Increasing house prices and relatively stagnant wages have led to the need to rethink our strategies regarding housing. Of course, solving the root issue would be preferable — but if that’s not an option, easing the burden is a useful venture. There have been several recent innovations in methods to approach affordable housing.

A couple of them have been around for a while, but not necessarily targeted at affordable housing. These are government subsidies and grants and developer incentives. If you give people money or tax breaks to build or buy affordable housing, it’s going to become easier. Another that you may have heard of is micro-housing. You may dream of a large home, but the truth of the matter is that smaller houses are not only cheaper, but also more cost effective to build. The only reason they weren’t being built before is lack of demand.

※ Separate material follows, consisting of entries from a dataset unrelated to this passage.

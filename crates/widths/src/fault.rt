//! Why a text is no width file.

ghost use Rattle.std.specs.Prelude.{◌≡◌};
ghost use Rattle.widths.specs.declared.fault.WidthFault.TheVariants.{OutOfMemory};

use std::alloc::{AllocError, AllocFailed};

/// A key of a width file, in the order in which they are looked at.
#[derive(Clone, Copy, PartialEq, Eq)]
pub enum WidthKey {
    Measure,
    BandMin,
    BandMax,
    Thin,
    En,
    Em,
    Matrix,
    /// An entry of the table `matrix`, its names in byte order and counted from 1.
    Entry { place: usize },
}

/// The first of these that holds, key by key, then of the bands, and then entry by entry.
#[derive(Clone, Copy, PartialEq, Eq)]
pub enum WidthFault {
    /// The text is not TOML.
    NotToml,
    /// The key is absent.
    Missing { key: WidthKey },
    /// The key's value is no whole number, or that of `matrix` no table.
    WrongType { key: WidthKey },
    /// The measure is not 1 to 65,535, or another width not 1 to 999.
    OutOfRange { key: WidthKey },
    /// The least width of a band is above the greatest.
    BandsCrossed,
    /// A matrix may not have the name of the entry at this place.
    BadName { place: usize },
    /// There was no memory to read it.
    OutOfMemory,
}

impl From<AllocError> for WidthFault {
    ghost from_gives = { λ _ fault. fault ≡ OutOfMemory };

    fn from(_error: AllocError) -> WidthFault {
        WidthFault::OutOfMemory
    }
}

impl<T: Drop> From<AllocFailed<T>> for WidthFault {
    ghost from_gives = { λ _ fault. fault ≡ OutOfMemory };

    fn from(_error: AllocFailed<T>) -> WidthFault {
        WidthFault::OutOfMemory
    }
}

There are also some options you may not be aware of, though. These are community land trusts (CLTs) and shared equity models. CLTs attempt to reduce the cost of homeownership by separating land cost from building cost — normally, a house and the land it’s built on are purchased simultaneously, but with CLTs, the land is owned by a trust and only the structure is sold, so it costs less to buy. A shared equity model allows a buyer to purchase only a portion of the ownership of a home, with the share owned increasing as the buyer accrues equity and uses it to purchase a greater share. This is somewhat similar to a loan, but carries less risk, with the downside being that the buyer doesn’t have exclusive legal ownership of the property.